You can check for this "cutoff date" (when the job is about to expire) as you process the messages, and send messages to the deadletter queue if they've passed the time when you've given up on them.
Pseudocode to add to your current routine:
Call GetQueueAttributes to get the count, in seconds, of your queue's Message Retention Period.
Call ReceiveMessage to pull messages off of the queue. Make sure to explicitly request that the SentTimestamp is visible.
Foreach message,
Find your message's expiration time by adding the message retention period to the sent timestamp.

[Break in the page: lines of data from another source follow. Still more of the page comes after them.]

// The reader of the words.
ghost use Rattle.std.specs.Prelude.{◌≡◌, ℕ, List, IfOk, IfSome};
ghost use Rattle.jv_base.specs.declared.method.Bounds.{Bounds};
ghost use Rattle.jv_base.specs.declared.method.MethodId.{MethodId};
ghost use Rattle.cl_words.specs.declared.command.Command.{Command};
ghost use Rattle.cl_words.specs.declared.command.Mode.{Mode};
ghost use Rattle.cl_words.specs.Calls.Options.{rows};
ghost use Rattle.cl_words.specs.Command.{HasBounds, HasForm, HasJob, HasMake, HasMode, IsCommand, IsRead, made_entry, texts};

use crate::line::command_line;
use crate::matched::{has_flag, lacks_others, lacks_value, text_of};
use crate::option::{ARRAY, BUDGET, DEPTH, FRAMES, JOBS, MAKE, STRING, UNWIND, number_of};
use crate::{Command, Mode, WordsFault};
use clap::ArgMatches;
use jv_base::{Bounds, Mem, MethodId, Name, read_entry, read_site};
use std::alloc::Global;

fn bounds_of(matches: &ArgMatches<'_>) -> Option<Bounds>
    ensures found { IfSome result (λ bounds. HasBounds (rows matches.now) bounds) }
    ensures only { (bounds : Bounds) → HasBounds (rows matches.now) bounds → result ≡ Some bounds }
{
    Some(Bounds {
        unwind: number_of(matches, UNWIND)? as u8,
        frames: number_of(matches, FRAMES)? as u8,
        depth: number_of(matches, DEPTH)? as u8,
        string: number_of(matches, STRING)? as u8,
        array: number_of(matches, ARRAY)? as u8,
    })
}

/// The folder and the entry.
fn job_of(alloc: Global, matches: &ArgMatches<'_>) -> Result<(Name, MethodId), WordsFault>
    ensures found { IfOk result (λ job. HasJob (rows matches.now) job.0 job.1) }
    ensures outside { result ≡ Err WordsFault.Usage
        → (dir : List ℕ) (entry : MethodId) → HasJob (rows matches.now) dir entry → ⊥ }
{
    let dir = text_of(matches, "DIR").ok_or(WordsFault::Usage)?;
    let entry = text_of(matches, "ENTRY").ok_or(WordsFault::Usage)?;
    if dir.is_empty() {
        return Err(WordsFault::Usage);
    }
    let entry = read_entry(alloc, entry)?;
    Ok((Name::from_text(alloc, dir)?, entry))
}

/// What is asked of a folder and an entry.
fn form_of(alloc: Global, matches: &ArgMatches<'_>) -> Result<Mode, WordsFault>
    ensures found { IfOk result (λ mode. HasForm (rows matches.now) mode) }
    ensures outside { result ≡ Err WordsFault.Usage → (mode : Mode) → HasForm (rows matches.now) mode → ⊥ }
{
    let list = has_flag(matches, "list");
    match (text_of(matches, "replay"), text_of(matches, "site")) {
        (None, None) if list => Ok(Mode::List),
        (None, None) => Ok(Mode::Plain),
        (Some(file), Some(site)) if !list => {
            let goal = read_site(alloc, site)?;
            Ok(Mode::Replay(Name::from_text(alloc, file)?, goal))
        }
        _ => Err(WordsFault::Usage),
    }
}

/// The entry of the made classes.
fn made(alloc: Global) -> Mem<MethodId>
    ensures { IfOk result (λ entry. entry ≡ made_entry) }
{
    Ok(MethodId {
        class: Name::from_text(alloc, "G")?,
        name: Name::from_text(alloc, "m0")?,
        desc: Name::from_text(alloc, "(I)I")?,
    })
}

/// The made classes of a number.
fn make_of(alloc: Global, matches: &ArgMatches<'_>) -> Result<(Name, MethodId, Mode), WordsFault>
    ensures found { IfOk result (λ job. HasMode (rows matches.now) job.0 job.1 job.2) }
    ensures outside { result ≡ Err WordsFault.Usage
        → (dir : List ℕ) (entry : MethodId) (number : ℕ) → HasMake (rows matches.now) dir entry number → ⊥ }
{
    if !lacks_others(matches) {
        return Err(WordsFault::Usage);
    }
    let number = number_of(matches, MAKE).ok_or(WordsFault::Usage)?;
    Ok((Name::new(alloc), made(alloc)?, Mode::Make(number)))
}

/// The folder, the entry and what is asked of them.
fn mode_of(alloc: Global, matches: &ArgMatches<'_>) -> Result<(Name, MethodId, Mode), WordsFault>
    ensures found { IfOk result (λ job. HasMode (rows matches.now) job.0 job.1 job.2) }
    ensures outside { result ≡ Err WordsFault.Usage
        → (dir : List ℕ) (entry : MethodId) (mode : Mode) → HasMode (rows matches.now) dir entry mode → ⊥ }
{
    if !lacks_value(matches, "make") {
        return make_of(alloc, matches);
    }
    let (dir, entry) = job_of(alloc, matches)?;
    let mode = form_of(alloc, matches)?;
    Ok((dir, entry, mode))
}

/// The command that the matches are.
fn command_of(alloc: Global, matches: &ArgMatches<'_>) -> Result<Command, WordsFault>
    ensures found { IfOk result (λ command. IsRead (rows matches.now) command) }
    ensures outside { result ≡ Err WordsFault.Usage → (command : Command) → IsRead (rows matches.now) command → ⊥ }
{
    let bounds = bounds_of(matches).ok_or(WordsFault::Usage)?;
    let budget = number_of(matches, BUDGET).ok_or(WordsFault::Usage)?;
    let jobs = number_of(matches, JOBS).ok_or(WordsFault::Usage)?;
    let trace = has_flag(matches, "trace");
    let (dir, entry, mode) = mode_of(alloc, matches)?;
    Ok(Command {
        bounds,
        budget,
        jobs,
        trace,
        dir,
        entry,
        mode,
    })
}

/// The command that the words are, without the program's name.
pub fn read_words(alloc: Global, words: &[String]) -> Result<Command, WordsFault>
    ensures found { IfOk result (λ command. IsCommand (texts words.now) command) }
    ensures outside { result ≡ Err WordsFault.Usage → (command : Command) → IsCommand (texts words.now) command → ⊥ }
{
    let matches = command_line(alloc)?.try_get_matches_from(words)?;
    command_of(alloc, &matches)
}
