// Laws of the definitions, each the contract of a function that does nothing.
ghost use Rattle.cl_words.specs.Laws.{OneCommand};

use jv_base::{one_entry, one_site};

/// Words are one command at most, so what `read_words` gives is the command that they are.
pub fn one_command()
    ensures { OneCommand }
{
    one_entry();
    one_site();
}
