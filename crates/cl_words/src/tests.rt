// The command lines.
use crate::{Command, Mode, read_words};
use jv_base::{entry_text, site_text};
use std::alloc::{AllocError, Global};
use std::process::Abort;

// Words, where '' is an empty one, and what they are: Usage, or the bounds, the budget, the jobs, the trace, the folder,
// the entry and the mode.
const LINES: &str = "
    // DIR and ENTRY, no fewer and no more
     | Usage
    D | Usage
    T.f:(II)V | Usage
    D T.f:(II)V | 16 16 2 32 16 0 1 false D T.f:(II)V plain
    D T.f:(II)V E | Usage
    // each option at both ends of its range, and one past
    --unwind 0 D T.f:(II)V | 0 16 2 32 16 0 1 false D T.f:(II)V plain
    --unwind 100 D T.f:(II)V | 100 16 2 32 16 0 1 false D T.f:(II)V plain
    --unwind 101 D T.f:(II)V | Usage
    --frames 0 D T.f:(II)V | Usage
    --frames 1 D T.f:(II)V | 16 1 2 32 16 0 1 false D T.f:(II)V plain
    --frames 255 D T.f:(II)V | 16 255 2 32 16 0 1 false D T.f:(II)V plain
    --frames 256 D T.f:(II)V | Usage
    --depth 0 D T.f:(II)V | Usage
    --depth 1 D T.f:(II)V | 16 16 1 32 16 0 1 false D T.f:(II)V plain
    --depth 4 D T.f:(II)V | 16 16 4 32 16 0 1 false D T.f:(II)V plain
    --depth 5 D T.f:(II)V | Usage
    --string 0 D T.f:(II)V | 16 16 2 0 16 0 1 false D T.f:(II)V plain
    --string 255 D T.f:(II)V | 16 16 2 255 16 0 1 false D T.f:(II)V plain
    --string 256 D T.f:(II)V | Usage
    --array 0 D T.f:(II)V | 16 16 2 32 0 0 1 false D T.f:(II)V plain
    --array 255 D T.f:(II)V | 16 16 2 32 255 0 1 false D T.f:(II)V plain
    --array 256 D T.f:(II)V | Usage
    --budget 0 D T.f:(II)V | 16 16 2 32 16 0 1 false D T.f:(II)V plain
    --budget 1000000 D T.f:(II)V | 16 16 2 32 16 1000000 1 false D T.f:(II)V plain
    --budget 1000001 D T.f:(II)V | Usage
    --jobs 0 D T.f:(II)V | Usage
    --jobs 1 D T.f:(II)V | 16 16 2 32 16 0 1 false D T.f:(II)V plain
    --jobs 16 D T.f:(II)V | 16 16 2 32 16 0 16 false D T.f:(II)V plain
    --jobs 17 D T.f:(II)V | Usage
    --make 0 | Usage
    --make 1 | 16 16 2 32 16 0 1 false  G.m0:(I)I make 1
    --make 200 | 16 16 2 32 16 0 1 false  G.m0:(I)I make 200
    --make 201 | Usage
    // a value in a word of its own, or behind =
    --unwind 3 D T.f:(II)V | 3 16 2 32 16 0 1 false D T.f:(II)V plain
    --unwind=3 D T.f:(II)V | 3 16 2 32 16 0 1 false D T.f:(II)V plain
    --unwind= D T.f:(II)V | Usage
    --unwind = 3 D T.f:(II)V | Usage
    // a number is decimal digits without a sign or a leading zero
    --unwind 03 D T.f:(II)V | Usage
    --unwind 00 D T.f:(II)V | Usage
    --unwind +3 D T.f:(II)V | Usage
    --unwind=-0 D T.f:(II)V | Usage
    --unwind 3.0 D T.f:(II)V | Usage
    --unwind 0x3 D T.f:(II)V | Usage
    --unwind '' D T.f:(II)V | Usage
    --unwind 18446744073709551619 D T.f:(II)V | Usage
    --unwind D T.f:(II)V | Usage
    // an option twice
    --unwind 3 --unwind 3 D T.f:(II)V | Usage
    --list D --list T.f:(II)V | Usage
    --trace --trace D T.f:(II)V | Usage
    --make 1 --make 1 | Usage
    // options before, between and behind the positionals
    --frames 2 D --depth 3 T.f:(II)V --jobs 4 | 16 2 3 32 16 0 4 false D T.f:(II)V plain
    D T.f:(II)V --array 1 --string 2 --budget 3 | 16 16 2 2 1 3 1 false D T.f:(II)V plain
    // a word that begins with a hyphen is no value and no positional, unless behind = or --
    -D T.f:(II)V | Usage
    --replay -x --site T.f:(II)V@6:null D T.f:(II)V | Usage
    --replay=-x --site T.f:(II)V@6:null D T.f:(II)V | 16 16 2 32 16 0 1 false D T.f:(II)V replay -x T.f:(II)V@6:null
    - T.f:(II)V | 16 16 2 32 16 0 1 false - T.f:(II)V plain
    -- -D T.f:(II)V | 16 16 2 32 16 0 1 false -D T.f:(II)V plain
    D -- T.f:(II)V | 16 16 2 32 16 0 1 false D T.f:(II)V plain
    D T.f:(II)V -- | 16 16 2 32 16 0 1 false D T.f:(II)V plain
    --unwind 3 -- D T.f:(II)V | 3 16 2 32 16 0 1 false D T.f:(II)V plain
    D -- T.f:(II)V --list | Usage
    // DIR is not empty, and ENTRY is the text form of an entry
    '' T.f:(II)V | Usage
    D '' | Usage
    D T.f | Usage
    D T.<init>:()V | Usage
    D T.\\u0066:(II)V | Usage
    D p/T.\\u00e9:()V | 16 16 2 32 16 0 1 false D p/T.\\u00e9:()V plain
    // the flags
    --list D T.f:(II)V | 16 16 2 32 16 0 1 false D T.f:(II)V list
    --trace D T.f:(II)V | 16 16 2 32 16 0 1 true D T.f:(II)V plain
    D T.f:(II)V --trace --list | 16 16 2 32 16 0 1 true D T.f:(II)V list
    --list=true D T.f:(II)V | Usage
    // --replay and --site together, and not beside --list
    --replay i --site T.f:(II)V@6:null D T.f:(II)V | 16 16 2 32 16 0 1 false D T.f:(II)V replay i T.f:(II)V@6:null
    --site=U.<init>:()V@0:assert --trace --replay= D T.f:(II)V | 16 16 2 32 16 0 1 true D T.f:(II)V replay  U.<init>:()V@0:assert
    --replay i D T.f:(II)V | Usage
    --site T.f:(II)V@6:null D T.f:(II)V | Usage
    --replay --site T.f:(II)V@6:null D T.f:(II)V | Usage
    --list --replay i --site T.f:(II)V@6:null D T.f:(II)V | Usage
    --replay i --site T.f:(II)V@6:nul D T.f:(II)V | Usage
    --replay i --site T.f:(II)V@65536:null D T.f:(II)V | Usage
    --replay i --site T.\\u00E9:()V@0:null D T.f:(II)V | Usage
    --replay i --site T.\\u00e9:()V@0:null D T.f:(II)V | 16 16 2 32 16 0 1 false D T.f:(II)V replay i T.\\u00e9:()V@0:null
    // --make stands with numbers alone
    --make 7 --unwind 3 --jobs 2 --budget 9 | 3 16 2 32 16 9 2 false  G.m0:(I)I make 7
    --make 7 D T.f:(II)V | Usage
    --make 7 D | Usage
    --make 7 '' | Usage
    --make 7 --list | Usage
    --make 7 --trace | Usage
    --make 7 --replay i --site T.f:(II)V@6:null | Usage
    --make | Usage
    // no help, no version, no short option, no prefix of an option, no other
    --help | Usage
    --help D T.f:(II)V | Usage
    -h | Usage
    --version | Usage
    -V D T.f:(II)V | Usage
    help T.f:(II)V | 16 16 2 32 16 0 1 false help T.f:(II)V plain
    --unwin 3 D T.f:(II)V | Usage
    --unwinds 3 D T.f:(II)V | Usage
    --UNWIND 3 D T.f:(II)V | Usage
    -unwind 3 D T.f:(II)V | Usage
    --color D T.f:(II)V | Usage
";

fn mode_text(alloc: Global, mode: &Mode) -> Result<String, AllocError> {
    match mode {
        Mode::Plain => String::from_str(alloc, "plain"),
        Mode::List => String::from_str(alloc, "list"),
        Mode::Replay(file, goal) => {
            let site = site_text(alloc, goal)?;
            format!(in alloc; "replay {} {}", file.as_str(), site.as_str())
        }
        Mode::Make(number) => format!(in alloc; "make {number}"),
    }
}

fn command_text(alloc: Global, command: &Command) -> Result<String, AllocError> {
    let bounds = command.bounds;
    let entry = entry_text(alloc, &command.entry)?;
    let mode = mode_text(alloc, &command.mode)?;
    format!(in alloc;
        "{} {} {} {} {} {} {} {} {} {} {mode}",
        bounds.unwind,
        bounds.frames,
        bounds.depth,
        bounds.string,
        bounds.array,
        command.budget,
        command.jobs,
        command.trace,
        command.dir.as_str(),
        entry.as_str()
    )
}

/// What words are.
fn printed<R: Abort + AllocGlobal>(rt: &R, line: &str) -> String {
    let alloc = rt.alloc();
    let mut words = Vec::new(alloc);
    for word in line.split_whitespace() {
        let word = if word == "''" { "" } else { word };
        let word = String::from_str(alloc, word).expect(rt, "memory");
        words.push(word).expect(rt, "memory");
    }
    match read_words(alloc, words.as_slice()) {
        Ok(command) => command_text(alloc, &command).expect(rt, "memory"),
        Err(fault) => format!(in alloc; "{fault:?}").expect(rt, "memory"),
    }
}

#[test]
fn words_are_their_command(rt: HostRuntime) {
    let mut rows = 0u32;
    for line in LINES.lines() {
        if let Some((words, wanted)) = line.split_once(" | ") {
            assert_eq!(rt; printed(&rt, words).as_str(), wanted, "{words}");
            rows = rows.saturating_add(1);
        }
    }
    assert!(rt; rows > 90, "{rows}");
}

Create your cutoff date by subtracting your desired amount of time from the message's expiration time.
Compare the cutoff date with the current time. If the cutoff date has passed:
Call SendMessage to send your message to the Dead Letter queue.
Call DeleteMessage to remove your message from the queue you are processing.
If the cutoff date has not passed:
Process the job as normal.
Here's an example implementation in Powershell:
$queueUrl = "https://sqs.amazonaws.com/0000/my-queue"
$deadLetterQueueUrl = "https://sqs.amazonaws.com/0000/deadletter"
# Get the message retention period in seconds
$messageRetentionPeriod = (Get-SQSQueueAttribute -AttributeNames "MessageRetentionPeriod" -QueueUrl $queueUrl).Attributes.MessageRetentionPeriod
# Receive messages from our queue.
$queueMessages = #(receive-sqsmessage -QueueUrl $queueUrl -WaitTimeSeconds 5 -AttributeNames SentTimestamp)
foreach($message in $queueMessages)
{
# The sent timestamp is in epoch time.
$sentTimestampUnix = $message.Attributes.SentTimestamp
# For powershell, we need to do some quick conversion to get a DateTime.
$sentTimestamp = ([datetime]'1970-01-01 00:00:00').AddMilliseconds($sentTimestampUnix)
# Get the expiration time by adding the retention period to the sent time.
$expirationTime = $sentTimestamp.AddDays($messageRetentionPeriod / 86400 )
# I want my cutoff date to be one hour before the expiration time.
$cutoffDate = $expirationTime.AddHours(-1)
# Check if the cutoff date has passed.
if((Get-Date) -ge $cutoffDate)
{
# Cutoff Date has passed, move to deadletter queue
Send-SQSMessage -QueueUrl $deadLetterQueueUrl -MessageBody $message.Body
remove-sqsmessage -QueueUrl $queueUrl -ReceiptHandle $message.ReceiptHandle -Force
}
else
{
# Cutoff Date has not passed. Retry job?
}
}
This will add some overhead to every message you process. This also assumes that your message handler will receive the message inbetween the cutoff time and the expiration time. Make sure that your application is polling often enough to receive the message.